XML 43 R19.htm IDEA: XBRL DOCUMENT v3.8.0.1
INCOME TAXES:
9 Months Ended
Dec. 31, 2017
Income Tax Disclosure [Abstract]  
INCOME TAXES:
INCOME TAX:
 
On December 22, 2017, the United States (“U.S.”) enacted significant changes to U.S. tax law following the passage of H.R.1, “An Act to Provide for Reconciliation Pursuant to Titles II and V of the Concurrent Resolution on the Budget for Fiscal Year 2018” (the “Tax Act”) (previously known as “The Tax Cuts and Jobs Act”).  The Tax Act included significant changes to existing tax law, including a permanent reduction to the U.S. federal corporate income tax rate from 35% to 21%, a one-time repatriation tax on deferred foreign income (“Transition Tax”), and numerous other changes to business-related deductions. 

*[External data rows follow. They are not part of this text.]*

//! A command, from its first read to its report.
ghost use Rattle.std.specs.Prelude.{◌≤◌, IfOk};
ghost use Rattle.cli_tool.specs.World.{world, KeepsCounts};
ghost use Rattle.cli_tool.specs.Task.{Gives, status_of, report_of};
ghost use Rattle.cli_tool.specs.Telling.{Tells, Delivers};
ghost use Rattle.cli_tool.specs.TaskEnds.{TaskEnds};
ghost use Rattle.cli_tool.specs.Asked.{task_by, answer_in};

use crate::answer::{Answer, Why};
use crate::command::Command;
use crate::reading::{FileText, read_texts, too_long};
use crate::reporting::refusal;
use crate::status::Status;
use crate::writing::write_files;
use can_model::TextKind;
use cg_out::{Failed, Files, Memory, Sink};
use std::alloc::Global;

/// Reads what the command reads, and writes and tells what the texts give.
pub fn perform<F: Files, O: Sink>(
    alloc: Global,
    command: &Command<'_>,
    files: &mut F,
    out: &mut O,
) -> Status
    ensures ends { TaskEnds (task_by command.now) (world (F.seen files.old) (O.seen out.old))
        (world (F.seen files.new) (O.seen out.new)) result }
    ensures counts { KeepsCounts (world (F.seen files.old) (O.seen out.old))
        (world (F.seen files.new) (O.seen out.new)) }
{
    let texts = match read_texts(alloc, command, files) {
        Ok(texts) => texts,
        Err(status) => return status,
    };
    match answered(alloc, command, &texts) {
        Ok(answer) => deliver(&answer, files, out),
        Err(Memory) => Status::NoMemory,
    }
}

/// What the texts give, or that one of them has more bytes than it may.
fn answered<'a>(
    alloc: Global,
    command: &Command<'a>,
    texts: &[FileText],
) -> Result<Answer<'a>, Memory>
    ensures { IfOk result (λ a. Gives (task_by command.now) texts.now (answer_in a)) }
{
    match too_long(command, texts) {
        None => command.answer(alloc, texts),
        Some(input) => Ok(Answer::Refused(
            refusal(alloc, TextKind::TooLarge, 0)?,
            Why {
                file: input.file,
                line: 0,
                column: None,
                message: TextKind::TooLarge.message(),
            },
        )),
    }
}

/// Writes the answer's files, and then its report; takes no memory.
fn deliver<F: Files, O: Sink>(answer: &Answer<'_>, files: &mut F, out: &mut O) -> Status
    ensures delivers { Delivers (answer_in answer.now) (world (F.seen files.old) (O.seen out.old))
        (world (F.seen files.new) (O.seen out.new)) result }
    ensures counts { KeepsCounts (world (F.seen files.old) (O.seen out.old))
        (world (F.seen files.new) (O.seen out.new)) }
{
    match write_files(answer.outputs(), files) {
        Ok(()) => tell(answer, out),
        Err(Failed) => Status::FileFault,
    }
}

/// Writes the answer's report, and says to a person why a text is refused.
fn tell<O: Sink>(answer: &Answer<'_>, out: &mut O) -> Status
    ensures told { Tells (O.seen out.old) (O.seen out.new) (report_of (answer_in answer.now))
        (status_of (answer_in answer.now)) result }
    ensures later { (O.seen out.old).faults ≤ (O.seen out.new).faults }
{
    let status = report(out, answer.report(), answer.status());
    // Whether the report could be written or not: a person is to learn the reason either way.
    if let Some(why) = answer.why() {
        out.explain(why.file, why.line, why.column, why.message);
    }
    status
}

/// Writes a report, and answers its status, or that the sink failed.
pub fn report<O: Sink>(out: &mut O, report: &[u8], status: Status) -> Status
    ensures told { Tells (O.seen out.old) (O.seen out.new) report.now status result }
    ensures later { (O.seen out.old).faults ≤ (O.seen out.new).faults }
{
    match out.write(report) {
        Ok(()) => status,
        Err(Failed) => Status::OutFault,
    }
}
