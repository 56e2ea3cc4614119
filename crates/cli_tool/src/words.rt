//! The command that the words are.
ghost use Rattle.std.specs.Prelude.{◌≡◌};
ghost use Rattle.std.specs.List.{list_all};
ghost use Rattle.std.specs.Option.{option_map};
ghost use Rattle.std.specs.Char.{is_ascii_hexdigit};
ghost use Rattle.std.specs.Str.{is_utf8};
ghost use Rattle.cli_tool.specs.Command.{command_of, command_in};
ghost use Rattle.cli_tool.specs.Command as spec;
ghost use Rattle.cli_tool.specs.Asked.{asked_by, model_by};

use crate::command::{Call, Command, DataModel, Decoding, Encoding};
use command_words::{Word, is_number};

/// The command that the words are, if they are one.
pub fn found(words: &[Word]) -> Option<Command<'_>>
    ensures { option_map asked_by result ≡ command_of words.now }
{
    if are_utf8(words) {
        found_in(words)
    } else {
        None
    }
}

fn are_utf8(words: &[Word]) -> bool
    ensures { result ≡ list_all is_utf8 words.now }
{
    for word in words {
        if !word.is_utf8() {
            return false;
        }
    }
    true
}

/// The command that texts are, if they are one.
fn found_in(words: &[Word]) -> Option<Command<'_>>
    ensures { option_map asked_by result ≡ command_in words.now }
{
    let [name, words @ ..] = words else {
        return None;
    };
    let name = name.bytes();
    if name == b"generate_c_source".as_slice() {
        generate_in(words)
    } else if name == b"check".as_slice() {
        check_in(words)
    } else if name == b"exec".as_slice() {
        exec_in(words)
    } else if name == b"encode".as_slice() {
        encode_in(words)
    } else if name == b"decode".as_slice() {
        decode_in(words)
    } else {
        None
    }
}

fn generate_in(words: &[Word]) -> Option<Command<'_>>
    ensures { option_map asked_by result ≡ spec.generate_in words.now }
{
    match words {
        [file] => Some(Command::GenerateCSource(file.bytes())),
        _ => None,
    }
}

fn check_in(words: &[Word]) -> Option<Command<'_>>
    ensures { option_map asked_by result ≡ spec.check_in words.now }
{
    match words {
        [header, source] => Some(Command::Check(header.bytes(), source.bytes())),
        _ => None,
    }
}

fn exec_in(words: &[Word]) -> Option<Command<'_>>
    ensures { option_map asked_by result ≡ spec.exec_in words.now }
{
    match words {
        [header, source, model, function, words @ ..] => call_of(
            header.bytes(),
            source.bytes(),
            model,
            function.bytes(),
            words,
        ),
        _ => None,
    }
}

fn encode_in(words: &[Word]) -> Option<Command<'_>>
    ensures { option_map asked_by result ≡ spec.encode_in words.now }
{
    match words {
        [file, message, words @ ..] => Some(Command::Encode(Encoding {
            file: file.bytes(),
            message: message.bytes(),
            words,
        })),
        _ => None,
    }
}

fn decode_in(words: &[Word]) -> Option<Command<'_>>
    ensures { option_map asked_by result ≡ spec.decode_in words.now }
{
    match words {
        [file, number, digits] => {
            if is_number(number.bytes()) && are_pairs(digits.bytes()) {
                Some(Command::Decode(Decoding {
                    file: file.bytes(),
                    number: number.bytes(),
                    digits: digits.bytes(),
                }))
            } else {
                None
            }
        }
        _ => None,
    }
}

/// Pairs of hexadecimal digits.
fn are_pairs(digits: &[u8]) -> bool
    ensures { result ≡ spec.are_pairs digits.now }
{
    digits.len() % 2 == 0 && are_hexdigits(digits)
}

fn are_hexdigits(bytes: &[u8]) -> bool
    ensures { result ≡ list_all is_ascii_hexdigit bytes.now }
{
    for byte in bytes {
        if !byte.is_ascii_hexdigit() {
            return false;
        }
    }
    true
}

/// A call under the model that a word names.
fn call_of<'a>(
    header: &'a [u8],
    source: &'a [u8],
    model: &Word,
    function: &'a [u8],
    words: &'a [Word],
) -> Option<Command<'a>>
    ensures { option_map asked_by result ≡ spec.call_of header.now source.now function.now words.now (spec.model_named model.now) }
{
    match model_named(model.bytes()) {
        Some(model) => Some(Command::Exec(Call {
            header,
            source,
            model,
            function,
            words,
        })),
        None => None,
    }
}

fn model_named(word: &[u8]) -> Option<DataModel>
    ensures { option_map model_by result ≡ spec.model_named word.now }
{
    if word == b"ilp32".as_slice() {
        Some(DataModel::Ilp32)
    } else if word == b"lp64".as_slice() {
        Some(DataModel::Lp64)
    } else {
        None
    }
}
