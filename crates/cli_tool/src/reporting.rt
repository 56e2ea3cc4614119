//! What a run writes to its sink.
ghost use Rattle.std.specs.Prelude.{◌≡◌, ◌++◌, map, IfOk, OnOk};
ghost use Rattle.cli_tool.specs.Report.{usage_report, written_report, fine_report, text_named, refused_report, refusal_report, shown_byte, marked, fault_report, c_refusal_report};

use crate::naming::{header_file, source_file};
use c_mean::{CKind, Place};
use can_model::{CheckKind, TextKind};
use cg_out::Memory;
use itoa::Buffer;
use std::alloc::{AllocError, Global};

/// The report of words that are no command.
#[tactic(auto, unfolding(crate::specs::Report::usage_report))]
pub fn usage() -> &'static [u8]
    ensures { result.now ≡ usage_report }
{
    b"cantoolc: wrong words\n"
}

/// The report of a header and a source that were written.
#[tactic(auto, unfolding(crate::specs::Report::written_report))]
pub fn written(alloc: Global, file: &[u8]) -> Result<Vec<u8>, Memory>
    ensures { IfOk result (λ v. v.items ≡ written_report file.now) }
{
    let mut names = header_file(alloc, file)?;
    names.push(b'\n')?;
    names.extend_from_slice(&source_file(alloc, file)?)?;
    names.push(b'\n')?;
    Ok(names)
}

/// The report of texts without a fault.
#[tactic(auto, unfolding(crate::specs::Report::fine_report))]
pub fn fine(alloc: Global) -> Result<Vec<u8>, Memory>
    ensures { IfOk result (λ v. v.items ≡ fine_report) }
{
    Ok(Vec::from_slice(alloc, b"ok\n")?)
}

/// The text in which a place is, behind a blank.
#[tactic(auto, unfolding(crate::specs::Report::text_named))]
fn text_named(place: Place) -> &'static str
    ensures { result.now ≡ text_named place.header }
{
    if place.header { " header" } else { " source" }
}

/// The report of a refusal.
#[tactic(auto, unfolding(crate::specs::Report::refused_report))]
fn refused(
    alloc: Global,
    number: u8,
    name: &str,
    text: &str,
    line: u32,
    names: &[u8],
) -> Result<Vec<u8>, AllocError>
    ensures { IfOk result (λ v. v.items ≡ refused_report number name.now text.now line names.now) }
{
    let mut report = Vec::from_slice(alloc, b"refused ")?;
    report.extend_from_slice(Buffer::new().format(number).as_bytes())?;
    report.push(b' ')?;
    report.extend_from_slice(name.as_bytes())?;
    report.extend_from_slice(text.as_bytes())?;
    report.extend_from_slice(b" line ")?;
    report.extend_from_slice(Buffer::new().format(line).as_bytes())?;
    report.extend_from_slice(names)?;
    report.push(b'\n')?;
    Ok(report)
}

/// The report of a text that is refused.
pub fn refusal(alloc: Global, kind: TextKind, line: u32) -> Result<Vec<u8>, Memory>
    ensures { IfOk result (λ v. v.items ≡ refusal_report (record { kind = kind; line = line })) }
{
    Ok(refused(alloc, kind.number(), kind.name(), "", line, b"")?)
}

fn shown(b: u8) -> u8
    ensures { result ≡ shown_byte b }
{
    if b < 33 || b > 126 { b'.' } else { b }
}

fn shown_name(alloc: Global, name: &[u8]) -> Result<Vec<u8>, AllocError>
    ensures { IfOk result (λ v. v.items ≡ map shown_byte name.now) }
{
    name.iter().map(|b| shown(*b)).collect(alloc)
}

/// Appends a mark and a name, where there is one.
fn put_marked(alloc: Global, names: &mut Vec<u8>, mark: u8, name: &[u8]) -> Result<(), AllocError>
    ensures { OnOk result (names.new.items ≡ names.old.items ++ marked mark name.now) }
{
    if name.is_empty() {
        return Ok(());
    }
    let shown = shown_name(alloc, name)?;
    names.push(mark)?;
    names.extend_from_slice(&shown)
}

/// The report of a database that is refused; a name that does not apply is empty.
pub fn database_refusal(
    alloc: Global,
    kind: CheckKind,
    line: u32,
    message: &[u8],
    signal: &[u8],
) -> Result<Vec<u8>, Memory>
    ensures { IfOk result (λ v. v.items ≡ fault_report (record { kind = kind; line = line; message = message.now; signal = signal.now })) }
{
    let mut names = Vec::new(alloc);
    put_marked(alloc, &mut names, b' ', message)?;
    put_marked(alloc, &mut names, b'.', signal)?;
    Ok(refused(alloc, kind.number(), kind.name(), "", line, &names)?)
}

/// The report of one of two C texts that is refused.
pub fn c_refusal(alloc: Global, kind: CKind, place: Place) -> Result<Vec<u8>, Memory>
    ensures { IfOk result (λ v. v.items ≡ c_refusal_report (record { kind = kind; place = place })) }
{
    let text = text_named(place);
    Ok(refused(alloc, kind.number(), kind.name(), text, place.line, b"")?)
}
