//! The answer of `exec`.
ghost use Rattle.std.specs.Prelude.{◌≡◌, ◌≤◌, [], ◌∷◌, Some, length, IfOk};
ghost use Rattle.c_widths.specs.DataModel.{IsModel, model_of, models};
ghost use Rattle.c_types.specs.Setting.{definitions};
ghost use Rattle.c_types.specs.UnitTypes.{unit_faults, faults_under};
ghost use Rattle.cg_out.specs.Words.{look_up};
ghost use Rattle.cli_tool.specs.ExecTask as spec;
ghost use Rattle.cli_tool.specs.Asked.{answer_in, model_by};

use crate::answer::{Answer, Why};
use crate::arguments::{Given, arguments};
use crate::checking::{refused, typed_unit_of};
use crate::command::{Call, DataModel};
use crate::naming::base;
use c_exec::{Objects, Outcome, PrepareFault, call, prepare};
use c_lexer::SOURCE_LIMIT;
use c_mean::{CFault, Function, Unit};
use c_types::{TypedUnit, typed};
use cg_out::Memory;
use exec_words::report;
use std::alloc::Global;

/// What a call of a function of two texts gives.
pub fn executed<'a>(
    alloc: Global,
    call: &Call<'a>,
    header_text: &[u8],
    source_text: &[u8],
) -> Result<Answer<'a>, Memory>
    requires header_fits { length header_text.now ≤ SOURCE_LIMIT }
    requires source_fits { length source_text.now ≤ SOURCE_LIMIT }
    ensures { IfOk result (λ a. answer_in a ≡ spec.exec_work call.now.header.now (model_by call.now.model) call.now.function.now call.now.words.now (header_text.now ∷ source_text.now ∷ [])) }
{
    match typed_unit_of(alloc, header_text, base(call.header), source_text) {
        Ok(unit) => called_in(alloc, &unit, call),
        Err(CFault::Fault { kind, place }) => refused(
            alloc,
            kind,
            place,
            (call.header, header_text),
            (call.source, source_text),
        ),
        Err(CFault::Memory) => Err(Memory),
    }
}

/// What it gives in a unit without a fault.
#[tactic(auto, using(crate::proofs::FaultlessUnits::under_each), unfolding(c_widths::specs::DataModel::is_listed))]
fn called_in<'a>(alloc: Global, unit: &Unit, call: &Call<'a>) -> Result<Answer<'a>, Memory>
    requires { faults_under models unit.now ≡ [] }
    ensures { IfOk result (λ a. answer_in a ≡ spec.called (model_by call.now.model) unit.now call.now.words.now (look_up call.now.function.now (definitions unit.now.items))) }
{
    match call.model {
        DataModel::Ilp32 => called_under::<32, 32, 32>(alloc, unit, call),
        DataModel::Lp64 => called_under::<32, 64, 64>(alloc, unit, call),
    }
}

fn called_under<'a, const INT: u32, const LONG: u32, const PTR: u32>(
    alloc: Global,
    unit: &Unit,
    call: &Call<'a>,
) -> Result<Answer<'a>, Memory>
    requires model { IsModel INT LONG PTR }
    requires faultless { unit_faults (model_of INT LONG PTR) unit.now ≡ [] }
    ensures { IfOk result (λ a. answer_in a ≡ spec.called (model_of INT LONG PTR) unit.now call.now.words.now (look_up call.now.function.now (definitions unit.now.items))) }
{
    match typed::<INT, LONG, PTR>(alloc, unit) {
        Ok(typed) => called(alloc, call, &typed),
        // This does not come: the unit has no fault.
        Err(CFault::Fault { kind: _, place: _ }) => Ok(Answer::WrongWords(None)),
        Err(CFault::Memory) => Err(Memory),
    }
}

/// What it gives of the function with its name, if the unit defines one.
fn called<'a, const INT: u32, const LONG: u32, const PTR: u32>(
    alloc: Global,
    call: &Call<'a>,
    typed: &TypedUnit<'_, INT, LONG, PTR>,
) -> Result<Answer<'a>, Memory>
    requires { IsModel INT LONG PTR }
    ensures { IfOk result (λ a. answer_in a ≡ spec.called (model_of INT LONG PTR) typed.now call.now.words.now (look_up call.now.function.now (definitions typed.now.items))) }
{
    let Some(found) = typed.prototype(call.function) else {
        return Ok(Answer::WrongWords(Some(no_function(call))));
    };
    match arguments(alloc, call.words, found.params.items(), typed)? {
        Some(given) => called_with(alloc, call.function, given, typed),
        None => Ok(Answer::WrongWords(Some(no_arguments(call, found)))),
    }
}

/// Why there is no call of a function that is not there.
fn no_function<'a>(call: &Call<'a>) -> Why<'a> {
    Why {
        file: call.source,
        line: 0,
        column: None,
        message: "no function of this name is defined",
    }
}

/// Why there is no call of a function with other arguments, where it is defined.
fn no_arguments<'a>(call: &Call<'a>, function: &Function) -> Why<'a> {
    Why {
        file: if function.place.header {
            call.header
        } else {
            call.source
        },
        line: function.place.line,
        column: None,
        message: "this function does not take these arguments",
    }
}

/// The same with its arguments.
fn called_with<'a, const INT: u32, const LONG: u32, const PTR: u32>(
    alloc: Global,
    function: &[u8],
    given: Given,
    typed: &TypedUnit<'_, INT, LONG, PTR>,
) -> Result<Answer<'a>, Memory>
    requires { IsModel INT LONG PTR }
    ensures { IfOk result (λ a. answer_in a ≡ spec.run_with (model_of INT LONG PTR) typed.now given (look_up function.now (definitions typed.now.items))) }
{
    let mut machine = match prepare(alloc, typed, function) {
        Ok(machine) => machine,
        Err(PrepareFault::UnknownFunction) => return Ok(Answer::WrongWords(None)),
        Err(PrepareFault::Memory) => return Err(Memory),
    };
    let Given { args, objects } = given;
    let mut objects = Objects::new(objects);
    let outcome = call(alloc, &mut machine, args.items(), &mut objects)?;
    let text = report(alloc, outcome, args.items(), &objects, typed)?;
    Ok(Answer::Outcome(is_returned(outcome), Vec::new(alloc), text))
}

fn is_returned(outcome: Outcome) -> bool
    ensures { result ≡ spec.is_returned outcome }
{
    matches!(outcome, Outcome::Returned(_))
}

The permanent reduction to the U.S. federal corporate income tax rate from 35% to 21% is effective January 1, 2018 (the “Effective Date”).  Because the Effective Date does not fall on the first day of our fiscal year, we are required to apply a blended tax rate for the entire fiscal year by applying a prorated percentage of the number of days before and after the Effective Date.  As a result of the Tax Act, we have determined that our U.S. federal statutory corporate income tax rate will be 31.5% for the fiscal year ending March 31, 2018.

We recorded a $20.3 million benefit for the remeasurement of net deferred tax liabilities, which was included in income tax expense (benefit) in the Company's Condensed Consolidated Statements of Operations. We remeasured our deferred taxes to reflect the reduced Federal tax rate that will apply when these deferred taxes are settled or realized in future periods. To calculate the remeasurement of deferred taxes we estimated the periods during which the existing deferred taxes will be settled or realized. The remeasurement of deferred taxes included in our condensed consolidated financial statements will be subject to further revisions if our current estimates are different from our actual future operating results.

Given the Company's aggregate deficit related to foreign earnings and profits, we have determined that the Company will not incur a Transition Tax liability.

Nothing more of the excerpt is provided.